RECORDS FOR THE EXERCISE START

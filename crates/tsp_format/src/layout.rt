//! The layouts in which G. Reinelt's TSPLIB 95 lists a matrix, such as UPPER_ROW: which pairs of
//! nodes each contains, in which order, and by arithmetic at which place the weight of a pair is.
//! The order is `cells` in `specs/Nodes.antt`. Every lookup of a listed cost takes its place by
//! `place_of` in `specs/Place.antt`, and the contracts here tie that formula to the order.

ghost use Rattle.std.specs.List.{Contains, AllPairs, flat_map};
ghost use Rattle.std.specs.Prelude.{◌≡◌, ◌≢◌, ℕ, ◌≤◌, ◌↔◌, IsTrue, IsNone, length, ◌<◌, ◌^◌, ◌+◌, ◌*◌, Some, None, slice_index_or};
ghost use Rattle.tsp_format.specs.Nodes.{nodes_to, IsNode, is_listed, goes_by_columns, cells, cells_of_line, cell_count_of, line_len_of};
ghost use Rattle.tsp_format.specs.Place.{place_of, place_by_table, upper_place, lower_place, upper_diag_place, lower_diag_place};
ghost use Rattle.tsp_format.specs.Words.{layout_word, layouts, layout_found};
ghost use Rattle.tsp_format.specs.declared.layout.Layout.{Layout};

use crate::word::{Word, value_of};

/// Which weights of a matrix a file lists, and in which order.
///
/// A layout lists all cells of the matrix, those above the diagonal (`Upper`) or those below it
/// (`Lower`), with the diagonal (`Diag`) or without, by rows (`Row`) or by columns (`Col`).
#[derive(Clone, Copy, Debug, PartialEq, Eq)]
pub enum Layout {
    FullMatrix,
    UpperRow,
    LowerRow,
    UpperDiagRow,
    LowerDiagRow,
    UpperCol,
    LowerCol,
    UpperDiagCol,
    LowerDiagCol,
}

impl Layout {
    /// Each layout.
    pub const ALL: [Layout; 9] = [
        Layout::FullMatrix,
        Layout::UpperRow,
        Layout::LowerRow,
        Layout::UpperDiagRow,
        Layout::LowerDiagRow,
        Layout::UpperCol,
        Layout::LowerCol,
        Layout::UpperDiagCol,
        Layout::LowerDiagCol,
    ];

    /// The layout with this word, byte by byte, or `None` if no layout has it.
    pub fn of_word(word: &str) -> Option<Layout>
        ensures known { (layout : Layout) →
            (result ≡ Some layout) ↔ (word.now ≡ layout_word layout) }
        ensures unknown { IsNone result ↔ ((layout : Layout) → word.now ≢ layout_word layout) }
    {
        value_of(word.as_bytes())
    }

    /// Whether the cells are listed by columns.
    pub fn goes_by_columns(self) -> bool
        ensures { result ≡ goes_by_columns self }
    {
        matches!(
            self,
            Layout::UpperCol | Layout::LowerCol | Layout::UpperDiagCol | Layout::LowerDiagCol
        )
    }

    /// The number of cells that it lists for this many nodes.
    #[tactic(auto, using(crate::proofs::Pairs::cells_counted))]
    pub fn cell_count(self, nodes: u32) -> u64
        ensures count { result ≡ length (cells self nodes) }
        ensures table { result ≡ cell_count_of self nodes }
    {
        let nodes = u64::from(nodes);
        match self {
            Layout::FullMatrix => nodes * nodes,
            Layout::UpperRow | Layout::LowerRow | Layout::UpperCol | Layout::LowerCol => {
                nodes * nodes.saturating_sub(1) / 2
            }
            Layout::UpperDiagRow
            | Layout::LowerDiagRow
            | Layout::UpperDiagCol
            | Layout::LowerDiagCol => nodes * (nodes + 1) / 2,
        }
    }

    /// The number of cells in one row, or in one column for a layout by columns.
    #[tactic(auto, using(crate::proofs::Pairs::line_counted))]
    pub fn line_len(self, nodes: u32, line: u32) -> u32
        requires from_one { 1 ≤ line }
        requires to_nodes { line ≤ nodes }
        ensures count { result ≡ length (cells_of_line self nodes line) }
        ensures table { result ≡ line_len_of self nodes line }
    {
        match self {
            Layout::FullMatrix => nodes,
            Layout::UpperRow | Layout::LowerCol => nodes - line,
            Layout::LowerRow | Layout::UpperCol => line - 1,
            Layout::UpperDiagRow | Layout::LowerDiagCol => nodes - line + 1,
            Layout::LowerDiagRow | Layout::UpperDiagCol => line,
        }
    }
}

impl Word for Layout {
    ghost text = { layout_word };

    ghost values = { layouts };

    ghost found = { layout_found };

    fn all() -> &'static [Layout] {
        &Layout::ALL
    }

    fn word(self) -> &'static str {
        match self {
            Layout::FullMatrix => "FULL_MATRIX",
            Layout::UpperRow => "UPPER_ROW",
            Layout::LowerRow => "LOWER_ROW",
            Layout::UpperDiagRow => "UPPER_DIAG_ROW",
            Layout::LowerDiagRow => "LOWER_DIAG_ROW",
            Layout::UpperCol => "UPPER_COL",
            Layout::LowerCol => "LOWER_COL",
            Layout::UpperDiagCol => "UPPER_DIAG_COL",
            Layout::LowerDiagCol => "LOWER_DIAG_COL",
        }
    }
}

/// No cell of a layout appears twice in its list.
///
/// No code calls it. It is here for readers: the definition `cells` lists no weight twice.
pub fn cells_are_distinct()
    ensures { (layout : Layout) (n : ℕ) → AllPairs (λ a b. a ≢ b) (cells layout n) }
{}

/// The cells of a layout are the pairs of nodes that pass its test, and no others.
pub fn cells_are_the_listed_pairs()
    ensures { (layout : Layout) (n i j : ℕ) →
        Contains (cells layout n) (i, j) ↔
        (IsNode n i × IsNode n j × IsTrue (is_listed layout (i, j))) }
{}

/// The cells of a layout are those of its lines, from line 1 to line n, one line after the other.
///
/// No code calls it. It is here for readers: the definition `cells` has the order of the format.
pub fn cells_go_line_by_line()
    ensures { (layout : Layout) (n : ℕ) →
        cells layout n ≡ flat_map (cells_of_line layout n) (nodes_to n) }
{}

// ---- where the weight of a pair is in the list of a matrix

impl Layout {
    /// Whether the layout lists the pair (i, j). A full matrix lists all pairs, the halves those
    /// with i below j, above it, at most j, or at least j.
    #[inline]
    pub fn lists(self, i: u32, j: u32) -> bool
        ensures { result ≡ is_listed self (i, j) }
    {
        match self {
            Layout::FullMatrix => true,
            Layout::UpperRow | Layout::UpperCol => i < j,
            Layout::LowerRow | Layout::LowerCol => i > j,
            Layout::UpperDiagRow | Layout::UpperDiagCol => i <= j,
            Layout::LowerDiagRow | Layout::LowerDiagCol => i >= j,
        }
    }

    /// The index of the cell (i, j) among the weights of a matrix, from 0 on.
    ///
    /// # Requires
    ///
    /// A pair of nodes that the layout lists.
    #[inline]
    #[tactic(auto, using(crate::proofs::Places::placed, crate::proofs::Places::place_within))]
    pub fn place(self, nodes: u32, i: u32, j: u32) -> usize
        requires row { IsNode nodes i }
        requires column { IsNode nodes j }
        requires listed { IsTrue (is_listed self (i, j)) }
        ensures value { place_of self nodes (i, j) ≡ Some result }
        ensures within { result < length (cells self nodes) }
        ensures table { result ≡ place_by_table self nodes i j }
    {
        place_by_table(self, nodes as usize, i as usize, j as usize)
    }

    /// The cell at an index in one row, counted from 0; in one column for a layout by columns.
    ///
    /// # Requires
    ///
    /// A line of 1 to `nodes`, and an index below the line's number of cells.
    #[inline]
    #[tactic(auto, using(crate::proofs::Places::line_at))]
    pub fn line_cell(self, nodes: u32, line: u32, index: u32) -> (u32, u32)
        requires line { IsNode nodes line }
        requires index { index < line_len_of self nodes line }
        ensures value { (default : ℕ × ℕ) →
            slice_index_or (cells_of_line self nodes line) index default ≡ result }
        ensures row { IsNode nodes result.0 }
        ensures column { IsNode nodes result.1 }
    {
        match self {
            Layout::FullMatrix | Layout::LowerRow | Layout::LowerDiagRow => (line, 1 + index),
            Layout::UpperRow => (line, line + 1 + index),
            Layout::UpperDiagRow => (line, line + index),
            Layout::UpperCol | Layout::UpperDiagCol => (1 + index, line),
            Layout::LowerCol => (line + 1 + index, line),
            Layout::LowerDiagCol => (line + index, line),
        }
    }
}

/// A pair that the layout doesn't list has no place.
pub fn only_cells_have_places()
    ensures { (layout : Layout) (n : ℕ) (pair : ℕ × ℕ)
        → ¬ Contains (cells layout n) pair → place_of layout n pair ≡ None }
{}

/// The place of a cell by the table of places.
#[inline]
fn place_by_table(layout: Layout, n: usize, i: usize, j: usize) -> usize
    requires row { IsNode n i }
    requires column { IsNode n j }
    requires listed { IsTrue (is_listed layout (i, j)) }
    requires few { n < 2 ^ 32 }
    ensures { result ≡ place_by_table layout n i j }
{
    match layout {
        Layout::FullMatrix => (i - 1) * n + (j - 1),
        Layout::UpperRow => place_above(n, i, j),
        Layout::LowerRow => place_below(i, j),
        Layout::UpperDiagRow => place_from_diagonal(n, i, j),
        Layout::LowerDiagRow => place_to_diagonal(i, j),
        Layout::UpperCol => place_below(j, i),
        Layout::LowerCol => place_above(n, j, i),
        Layout::UpperDiagCol => place_to_diagonal(j, i),
        Layout::LowerDiagCol => place_from_diagonal(n, j, i),
    }
}

/// The place among the pairs above the diagonal, by rows.
#[inline]
#[tactic(auto, using(crate::proofs::Places::half_below))]
fn place_above(n: usize, i: usize, j: usize) -> usize
    requires first { 1 ≤ i }
    requires above { i < j }
    requires last { j ≤ n }
    requires few { n < 2 ^ 32 }
    ensures { result ≡ upper_place n i j }
{
    (i - 1) * n - i * (i - 1) / 2 + (j - i - 1)
}

/// The place among the pairs below the diagonal, by rows.
#[inline]
fn place_below(i: usize, j: usize) -> usize
    requires first { 1 ≤ j }
    requires below { j < i }
    requires few { i < 2 ^ 32 }
    ensures { result ≡ lower_place i j }
{
    (i - 1) * (i - 2) / 2 + (j - 1)
}

/// The place among the pairs on the diagonal and above it, by rows.
#[inline]
#[tactic(auto, using(crate::proofs::Places::half_below))]
fn place_from_diagonal(n: usize, i: usize, j: usize) -> usize
    requires first { 1 ≤ i }
    requires above { i ≤ j }
    requires last { j ≤ n }
    requires few { n < 2 ^ 32 }
    ensures { result ≡ upper_diag_place n i j }
{
    (i - 1) * (n + 1) - i * (i - 1) / 2 + (j - i)
}

/// The place among the pairs on the diagonal and below it, by rows.
#[inline]
fn place_to_diagonal(i: usize, j: usize) -> usize
    requires first { 1 ≤ j }
    requires below { j ≤ i }
    requires few { i < 2 ^ 32 }
    ensures { result ≡ lower_diag_place i j }
{
    i * (i - 1) / 2 + (j - 1)
}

RECORDS FOR THE EXERCISE END

#### WHAT YOU ARE ASKED TO DO
From the first line of the listing above through the line that contains "its place by", set down each line without alteration, and nothing else.

#### TASK ANSWER
filename crates/tsp_format/src/layout.rt
//! The layouts in which G. Reinelt's TSPLIB 95 lists a matrix, such as UPPER_ROW: which pairs of
//! nodes each contains, in which order, and by arithmetic at which place the weight of a pair is.
//! The order is `cells` in `specs/Nodes.antt`. Every lookup of a listed cost takes its place by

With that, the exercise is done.